# Creating Sankey diagram - counting paths between nodes

(Seanfdnn) #1

Hello,

I have a model of the itineraries of many people who visit locations, and I want to create a Sankey diagram similar to https://maxdemarzi.com/2014/09/11/tracking-user-paths-in-an-ivr-with-neo4j/ that illustrates the frequency of paths followed from a given location.

I have 3 types: Person, Visit, and Place.
Each Visit node points to the single Place that the visit happened.
Visit nodes are connected in a sequential chain by `FOLLOWED_BY` relationships, i.e., you could follow the itinerary for each person by transversing the chain. At each Visit, however, you need to find the associated Place for that visit.
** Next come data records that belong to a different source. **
//! The outcome of an event, as a value that can be copied.

use cfdp_types::{Deposit, TimerKind, TimerOp};
use lane_table::{Done, Refused};
use shared_entity::EntityRefusal;
use std::alloc::AllocError;

/// Adds a line with a word and numbers.
pub(crate) fn push_line(text: &mut String, word: &str, numbers: &[u64]) -> Result<(), AllocError> {
    text.push_str(word)?;
    for number in numbers {
        write!(text, " {number}")?;
    }
    text.push_str("\n")
}

/// The outcome of an event.
#[derive(Clone, Copy)]
pub(crate) enum Said {
    /// The transaction with this number took a step.
    Done {
        seq: u64,
        deposit: Option<Deposit>,
        /// The interval of its inactivity timer, if the step armed that, or zero.
        ms: u32,
    },
    /// The number of a refusal.
    Refused(u8),
}

impl Said {
    pub(crate) fn is_done(self) -> bool {
        matches!(self, Said::Done { .. })
    }

    /// The deposit that follows, if there is one.
    pub(crate) fn deposit(self) -> Option<Deposit> {
        match self {
            Said::Done { deposit, .. } => deposit,
            Said::Refused(_) => None,
        }
    }

    /// Adds a line: for a step the number of the transaction, the stamp of the deposit or zero, and the interval.
    pub(crate) fn push(self, text: &mut String) -> Result<(), AllocError> {
        match self {
            Said::Done { seq, deposit, ms } => {
                let stamp = match deposit {
                    Some(deposit) => u64::from(deposit.stamp),
                    None => 0,
                };
                push_line(text, "step", &[seq, stamp, u64::from(ms)])
            }
            Said::Refused(number) => push_refusal(text, number),
        }
    }
}

/// Adds a line for a refusal.
pub(crate) fn push_refusal(text: &mut String, number: u8) -> Result<(), AllocError> {
    push_line(text, "refused", &[u64::from(number)])
}

/// The outcome of a lane's step.
pub(crate) fn of_step(step: Result<Done, Refused>) -> Said {
    match &step {
        Ok(done) => Said::Done {
            seq: done.key.seq,
            deposit: done.deposit,
            ms: interval_in(done.timers.as_slice()),
        },
        Err(refused) => Said::Refused(refused.why.number()),
    }
}

/// The outcome of a call of an entity.
pub(crate) fn told(answer: Result<Said, EntityRefusal>) -> Said {
    match &answer {
        Ok(said) => *said,
        Err(refusal) => Said::Refused(refusal.number()),
    }
}

fn interval_in(timers: &[TimerOp]) -> u32 {
    for timer in timers {
        if let TimerOp::Arm {
            kind: TimerKind::Inactivity,
            ms,
            ..
        } = timer
        {
            return *ms;
        }
    }
    0
}
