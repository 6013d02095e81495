//! The command lines of the server and of the program that puts a file.
#![tactic(auto)]

mod checking;
mod complaints;
mod fault;
mod line;
mod options;
mod putting;
mod replies;
mod serving;

pub use checking::{asks_for_check, asks_to_explain, check_words};
pub use complaints::{push_check_complaint, push_put_complaint, push_server_complaint};
pub use fault::WordsFault;
pub use line::line_of;
pub use putting::{PutWords, put_help, put_version, put_words};
pub use replies::{asked_text, fault_of, tell_words_fault};
pub use serving::{EntityWords, ServerWords, server_help, server_version, server_words};
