ghost use Rattle.std.specs.Prelude.{◌≡◌, ◌<◌, IfOk, replicate};
ghost use Rattle.program_tallies.specs.Counts.{class_place, count_of, noted, number_of, place_of, role_place};

use std::alloc::{AllocError, Global};
use std::marker::Model;

/// How many condition codes there are.
pub const CONDITIONS: u8 = 16;

// How many counts there are: for each role, class and condition code.
const COUNTS: usize = 96;

/// Which end of a transaction runs here.
#[derive(Clone, Copy, Debug, PartialEq, Eq)]
pub enum Role {
    Sender,
    Receiver,
}

impl Role {
    // The place of its first count.
    fn place(self) -> usize
        ensures { result ≡ role_place self }
    {
        match self {
            Role::Sender => 0,
            Role::Receiver => 48,
        }
    }
}

/// A transaction's class, as far as it is known.
#[derive(Clone, Copy, Debug, PartialEq, Eq)]
pub enum Class {
    Unknown,
    One,
    Two,
}

impl Class {
    /// Its number, or 0 if it isn't known.
    pub fn number(self) -> u8
        ensures { result ≡ number_of self }
    {
        match self {
            Class::Unknown => 0,
            Class::One => 1,
            Class::Two => 2,
        }
    }

    // The place of its first count, counted from that of a role.
    fn place(self) -> usize
        ensures { result ≡ class_place self }
    {
        match self {
            Class::Unknown => 0,
            Class::One => 16,
            Class::Two => 32,
        }
    }
}

/// Transactions that are counted together. Only the last four bits of the condition code count.
#[derive(Clone, Copy, Debug, PartialEq, Eq)]
pub struct Ended {
    pub role: Role,
    pub class: Class,
    pub condition: u8,
}

impl Ended {
    // The place of its count.
    fn place(self) -> usize
        ensures place { result ≡ place_of self }
        ensures bound { result < 96 }
    {
        self.role.place() + self.class.place() + usize::from(self.condition % CONDITIONS)
    }
}

/// How many transactions ended, by role, class and condition. Contracts see the list of counts.
#[derive(Drop)]
pub struct EndedCounts {
    counts: Vec<u64>,
}

impl Model for EndedCounts {
    ghost use Rattle.std.specs.Prelude.{◌≡◌, ℕ, List, length};

    ghost Value = { List ℕ };

    ghost view = { λ c. c.counts.items };

    ghost invariant = { λ c. length c.counts.items ≡ 96 };
}

impl EndedCounts {
    /// All counts at 0.
    pub fn new(alloc: Global) -> Result<EndedCounts, AllocError>
        ensures { IfOk result (λ counts. counts ≡ replicate 96 0) }
    {
        Ok(EndedCounts {
            counts: Vec::from_elem(alloc, 0u64, COUNTS)?,
        })
    }

    /// Counts a transaction that ended. No count grows above 64 bits.
    pub fn note(&mut self, ended: Ended)
        ensures { self.new ≡ noted ended self.old }
    {
        let place = ended.place();
        let count = self.counts[place];
        self.counts[place] = count.saturating_add(1);
    }

    /// How many ended like this.
    pub fn count(&self, ended: Ended) -> u64
        ensures { result ≡ count_of ended self.now }
    {
        self.counts[ended.place()]
    }
}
Additionally, I was trying to restrict the depth to be X number of Places away form a specified origin Place.

I thought this would be straightforward, and although I can create a query to return the nodes in question, performing the aggregate calculation to return the count of paths between nodes proves challenging.
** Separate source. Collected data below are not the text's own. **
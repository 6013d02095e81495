//! What both command lines share.
ghost use Rattle.std.specs.Prelude.{◌≡◌, false, true};
ghost use Rattle.std.specs.Option.{option_map};
ghost use Rattle.clap.specs.Words.{rule_of};
ghost use Rattle.program_words.specs.Lines.{flag, valued};
ghost use Rattle.program_words.specs.Numbers.{first_number, limit_of, number_within, workers_of};

use crate::fault::WordsFault;
use cfdp_types::limits::{CONFIGURED_NUMBER, NAME_OCTETS};
use clap::error::ErrorKind;
use clap::{Arg, ArgAction, Error};
use line_words::decimal;
use std::alloc::Global;
use std::net::SocketAddrV4;

// The greatest limit that can be asked for, in octets a second.
const MOST_OCTETS_A_SECOND: u64 = 1_000_000_000;

/// An option with a value, which has to be given.
pub(crate) fn required<'a>(alloc: Global, name: &'static str) -> Arg<'a>
    ensures rule { rule_of result ≡ valued name.entry.now true }
    ensures local { result.global ≡ false }
{
    optional(alloc, name).required(true)
}

/// An option with a value.
pub(crate) fn optional<'a>(alloc: Global, name: &'static str) -> Arg<'a>
    ensures rule { rule_of result ≡ valued name.entry.now false }
    ensures local { result.global ≡ false }
{
    Arg::new(alloc, name).long(name).action(ArgAction::Set)
}

/// An option without a value, present or absent.
pub(crate) fn flag<'a>(alloc: Global, name: &'static str) -> Arg<'a>
    ensures rule { rule_of result ≡ flag name.entry.now }
    ensures local { result.global ≡ false }
{
    Arg::new(alloc, name).long(name).action(ArgAction::SetTrue)
}

/// The fault for an error of the parser.
pub(crate) fn fault_of(error: &Error) -> WordsFault {
    match error.kind() {
        ErrorKind::OutOfMemory => WordsFault::NoMemory,
        ErrorKind::DisplayHelp => WordsFault::Help,
        ErrorKind::DisplayVersion => WordsFault::Version,
        _ => WordsFault::Usage,
    }
}

/// The number that a word writes in decimal digits, if it is within a range.
pub(crate) fn number_within(word: &str, least: u64, most: u64) -> Option<u64>
    ensures { result ≡ number_within least most word.now }
{
    octets_within(word.as_bytes(), least, most)
}

/// The same for a word's octets.
pub(crate) fn octets_within(word: &[u8], least: u64, most: u64) -> Option<u64>
    ensures { result ≡ number_within least most word.now }
{
    let number = decimal(word, most)?;
    if number < least { None } else { Some(number) }
}

/// Whether a word is an address as in a configuration: four numbers and a port, none with leading zeros.
pub(crate) fn is_address(word: &str) -> bool {
    if word.parse::<SocketAddrV4>().is_err() {
        return false;
    }
    match word.split_once(':') {
        Some((_, port)) => port == "0" || !port.starts_with('0'),
        None => false,
    }
}

/// Whether a word may be a file's name: 1 to 255 octets.
pub(crate) fn is_name(word: &str) -> bool {
    !word.is_empty() && word.len() <= NAME_OCTETS
}

/// The limit in octets a second: `Some(None)` without a word, `None` if the word is not such a limit.
pub(crate) fn limit_of(word: Option<&str>) -> Option<Option<u64>>
    ensures { result ≡ limit_of (option_map (λ word. word.now) word.entry) }
{
    match word {
        None => Some(None),
        Some(word) => Some(Some(number_within(word, 1, MOST_OCTETS_A_SECOND)?)),
    }
}

/// The number of the first transaction, likewise.
pub(crate) fn first_number(word: Option<&str>) -> Option<Option<u64>>
    ensures { result ≡ first_number (option_map (λ word. word.now) word.entry) }
{
    match word {
        None => Some(None),
        Some(word) => Some(Some(number_within(word, 0, CONFIGURED_NUMBER)?)),
    }
}

/// How many workers a word asks for; 4 without a word.
pub(crate) fn workers_of(word: Option<&str>) -> Option<u64>
    ensures { result ≡ workers_of (option_map (λ word. word.now) word.entry) }
{
    match word {
        None => Some(4),
        Some(word) => number_within(word, 1, 16),
    }
}
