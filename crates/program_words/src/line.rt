use crate::fault::WordsFault;
use std::env;
use std::env::Env;
use std::io::ErrorKind;

/// The words of the command line; the first is the program's own name. A word that isn't UTF-8 is a usage fault.
pub fn line_of<R: Env + AllocGlobal>(rt: &R) -> Result<Vec<String>, WordsFault> {
    let mut words = Vec::new(rt.alloc());
    match env::args(rt) {
        Ok(given) => {
            for word in given {
                if words.push(word).is_err() {
                    return Err(WordsFault::NoMemory);
                }
            }
            Ok(words)
        }
        Err(error) if error.kind() == ErrorKind::OutOfMemory => Err(WordsFault::NoMemory),
        Err(_) => Err(WordsFault::Usage),
    }
}
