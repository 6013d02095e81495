//! Events for lanes, as data.

use crate::said::{Said, told};
use crate::watch::{TURNS, Watch, pause};
use cfdp_types::{Class, EntityId, PutRequest, TxnKey};
use entity_routing::{Place, Request};
use shared_entity::Entity;
use shared_lanes::Names;
use std::alloc::Global;
use std::sync::Wait;

/// The entity whose lanes receive the events.
pub(crate) const LOCAL: u8 = 2;

/// An event. A transaction is named by its source and its number.
#[derive(Clone, Copy)]
pub(crate) enum Act {
    /// A user puts the file `abc` from a lane, for an entity.
    Put(Place, u8),
    /// The Metadata and the EOF of an empty file in class 1.
    Metadata(u8, u8),
    Eof(u8, u8),
    Pump(u8, u8),
    Stored(u8, u8, u32),
}

/// The transaction ID of a source and a number.
pub(crate) fn key(source: u8, seq: u8) -> TxnKey {
    TxnKey {
        source: EntityId(u64::from(source)),
        seq: u64::from(seq),
    }
}

/// The Metadata of an empty file.
pub(crate) fn metadata(source: u8, seq: u8) -> [u8; 17] {
    [
        0x24, 0, 10, 0, source, seq, LOCAL, 7, 0, 0, 0, 0, 0, 1, b'a', 1, b'b',
    ]
}

/// The EOF of an empty file.
pub(crate) fn eof(source: u8, seq: u8) -> [u8; 17] {
    [
        0x24, 0, 10, 0, source, seq, LOCAL, 4, 0, 0, 0, 0, 0, 0, 0, 0, 0,
    ]
}

/// Passes an event to its lane.
pub(crate) fn tell<N: Names, R: Wait + Copy>(
    rt: &R,
    alloc: Global,
    entity: &Entity<N, R>,
    gate: &Watch<R>,
    act: Act,
) -> Said {
    match act {
        Act::Put(place, to) => put(rt, alloc, entity, gate, place, to),
        Act::Metadata(source, seq) => deliver(rt, entity, gate, &metadata(source, seq)),
        Act::Eof(source, seq) => deliver(rt, entity, gate, &eof(source, seq)),
        Act::Pump(source, seq) => told(entity.pump(rt, gate, key(source, seq))),
        Act::Stored(source, seq, stamp) => {
            told(entity.stored(rt, gate, key(source, seq), stamp, true))
        }
    }
}

fn deliver<N: Names, R: Wait + Copy>(
    rt: &R,
    entity: &Entity<N, R>,
    gate: &Watch<R>,
    octets: &[u8],
) -> Said {
    told(entity.deliver(rt, gate, octets))
}

// No entity refuses an event with this number: it means that no request was made.
const NOT_ASKED: Said = Said::Refused(0);

fn put<N: Names, R: Wait + Copy>(
    rt: &R,
    alloc: Global,
    entity: &Entity<N, R>,
    gate: &Watch<R>,
    place: Place,
    to: u8,
) -> Said {
    if place.user >= entity.users() || place.lane >= entity.put_lanes() {
        return NOT_ASKED;
    }
    let to = EntityId(u64::from(to));
    match PutRequest::new(alloc, to, Class::One, b"a", b"b", &[], b"abc") {
        Ok(file) => told(entity.request(rt, gate, place.user, Request::Put(place.lane, file))),
        Err(_) => NOT_ASKED,
    }
}

// The refusals of an event that comes too early: its transaction was not opened, its lane runs another, no deposit
// waits, or the user's queue is full.
const EARLY: [u8; 4] = [1, 3, 6, 13];

/// Passes an event to its lane, again and again while it comes too early. Returns whether the lane accepted it.
pub(crate) fn tell_in_time<N: Names, R: Wait + Copy>(
    rt: &R,
    alloc: Global,
    entity: &Entity<N, R>,
    gate: &Watch<R>,
    act: Act,
) -> bool {
    for _ in 0..TURNS {
        match tell(rt, alloc, entity, gate, act) {
            Said::Done { .. } => return true,
            Said::Refused(number) if EARLY.contains(&number) => pause(rt),
            Said::Refused(_) => return false,
        }
    }
    false
}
The following will create an itenerary from the data, but not the count of paths between each Place necessary to populate a Sankey diagram. APOC's virtual nodes and graphs would seem to be useful, but I'm new to both Neo4J and am not sure if that's a rabbit hole (i.e. return a graph of Places and Relationships between them, with a property on the relationship that represents the count of travelled paths)

``````MATCH (root:Place)<-[:AT]-(v:Visit) WHERE root.name="ATLANTIS"
MATCH path=(v)-[:FOLLOWED_BY*0..5]->(:Visit)-[:AT]->(p:Place) RETURN v {itenerary: collect(p.name)}
``````

I am using Neo4j 3.5.1 with APOC installed.

Thank you for the help!
Sean

(Andrew Bowman) #2

Can you supply some data and a query to create a small sample graph to better illustrate the issue and the reason why the returned data doesn't cover what you need?